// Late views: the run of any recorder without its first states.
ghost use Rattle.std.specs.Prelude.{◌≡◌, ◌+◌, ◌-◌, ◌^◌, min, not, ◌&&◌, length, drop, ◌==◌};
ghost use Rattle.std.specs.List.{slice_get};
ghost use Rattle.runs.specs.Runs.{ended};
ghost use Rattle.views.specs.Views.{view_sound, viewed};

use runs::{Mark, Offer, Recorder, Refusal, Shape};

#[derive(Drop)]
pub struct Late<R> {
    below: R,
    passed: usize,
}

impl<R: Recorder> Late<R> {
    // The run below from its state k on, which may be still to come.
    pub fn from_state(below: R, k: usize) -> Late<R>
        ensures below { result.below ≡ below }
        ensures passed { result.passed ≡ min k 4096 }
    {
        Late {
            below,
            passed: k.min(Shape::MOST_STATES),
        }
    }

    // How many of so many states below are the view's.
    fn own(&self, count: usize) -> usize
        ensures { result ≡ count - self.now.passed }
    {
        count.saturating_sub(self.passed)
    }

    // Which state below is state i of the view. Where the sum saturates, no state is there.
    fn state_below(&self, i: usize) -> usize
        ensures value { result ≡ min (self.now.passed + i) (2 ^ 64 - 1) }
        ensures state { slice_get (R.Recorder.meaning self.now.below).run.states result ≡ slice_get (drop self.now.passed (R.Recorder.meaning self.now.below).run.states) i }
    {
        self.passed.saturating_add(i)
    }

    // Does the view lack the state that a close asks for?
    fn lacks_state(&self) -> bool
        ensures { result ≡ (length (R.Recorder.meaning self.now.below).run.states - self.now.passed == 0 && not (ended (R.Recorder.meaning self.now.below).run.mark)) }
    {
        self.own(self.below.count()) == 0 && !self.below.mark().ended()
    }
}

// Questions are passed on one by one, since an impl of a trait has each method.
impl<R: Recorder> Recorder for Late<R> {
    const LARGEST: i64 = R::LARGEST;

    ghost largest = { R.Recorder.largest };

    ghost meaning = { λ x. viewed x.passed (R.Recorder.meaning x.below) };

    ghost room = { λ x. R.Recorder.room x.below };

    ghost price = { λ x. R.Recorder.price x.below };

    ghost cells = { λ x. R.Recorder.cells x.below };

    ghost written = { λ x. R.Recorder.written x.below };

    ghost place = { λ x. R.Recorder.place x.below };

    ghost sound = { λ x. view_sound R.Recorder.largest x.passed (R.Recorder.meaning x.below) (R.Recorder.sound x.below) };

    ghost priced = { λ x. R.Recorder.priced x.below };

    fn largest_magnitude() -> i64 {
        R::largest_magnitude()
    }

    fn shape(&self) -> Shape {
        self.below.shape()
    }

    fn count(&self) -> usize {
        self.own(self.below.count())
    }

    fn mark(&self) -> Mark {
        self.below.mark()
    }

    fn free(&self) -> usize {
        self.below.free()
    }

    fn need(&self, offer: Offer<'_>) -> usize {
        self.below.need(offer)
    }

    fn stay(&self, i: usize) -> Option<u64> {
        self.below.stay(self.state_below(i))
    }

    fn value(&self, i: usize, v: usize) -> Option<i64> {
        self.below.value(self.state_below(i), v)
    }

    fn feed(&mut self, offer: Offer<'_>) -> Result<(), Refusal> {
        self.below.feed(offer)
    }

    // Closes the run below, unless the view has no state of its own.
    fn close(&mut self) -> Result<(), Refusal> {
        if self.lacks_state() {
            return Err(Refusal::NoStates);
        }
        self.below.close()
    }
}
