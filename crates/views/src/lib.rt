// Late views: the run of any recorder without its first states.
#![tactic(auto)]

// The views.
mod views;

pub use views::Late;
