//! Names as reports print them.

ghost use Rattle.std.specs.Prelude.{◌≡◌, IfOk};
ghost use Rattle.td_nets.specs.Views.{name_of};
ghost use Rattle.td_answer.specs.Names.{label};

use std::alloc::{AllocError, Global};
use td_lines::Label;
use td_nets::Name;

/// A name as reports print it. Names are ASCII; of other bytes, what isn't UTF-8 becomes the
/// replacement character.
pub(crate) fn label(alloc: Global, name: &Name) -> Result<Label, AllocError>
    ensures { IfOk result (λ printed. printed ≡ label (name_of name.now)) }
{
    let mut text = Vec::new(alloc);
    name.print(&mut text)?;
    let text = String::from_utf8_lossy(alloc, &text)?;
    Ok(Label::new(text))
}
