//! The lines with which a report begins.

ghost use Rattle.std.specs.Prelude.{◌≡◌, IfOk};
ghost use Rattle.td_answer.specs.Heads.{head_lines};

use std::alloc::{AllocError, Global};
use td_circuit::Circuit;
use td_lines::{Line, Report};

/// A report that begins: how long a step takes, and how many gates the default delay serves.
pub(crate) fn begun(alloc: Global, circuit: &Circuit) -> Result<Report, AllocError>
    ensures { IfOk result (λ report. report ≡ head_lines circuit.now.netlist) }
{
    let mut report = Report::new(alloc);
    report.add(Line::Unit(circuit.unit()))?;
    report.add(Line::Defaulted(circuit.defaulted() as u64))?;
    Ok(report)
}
========================================
* **Work item**: Print, without alteration, only the lines above between the one holding "const LARGEST: i64 = R::LARGEST;" and the one holding "λ x. view_sound", inclusive.

* **Solved exercise**:
    const LARGEST: i64 = R::LARGEST;

    ghost largest = { R.Recorder.largest };

    ghost meaning = { λ x. viewed x.passed (R.Recorder.meaning x.below) };

    ghost room = { λ x. R.Recorder.room x.below };

    ghost price = { λ x. R.Recorder.price x.below };

    ghost cells = { λ x. R.Recorder.cells x.below };

    ghost written = { λ x. R.Recorder.written x.below };

    ghost place = { λ x. R.Recorder.place x.below };

    ghost sound = { λ x. view_sound R.Recorder.largest x.passed (R.Recorder.meaning x.below) (R.Recorder.sound x.below) };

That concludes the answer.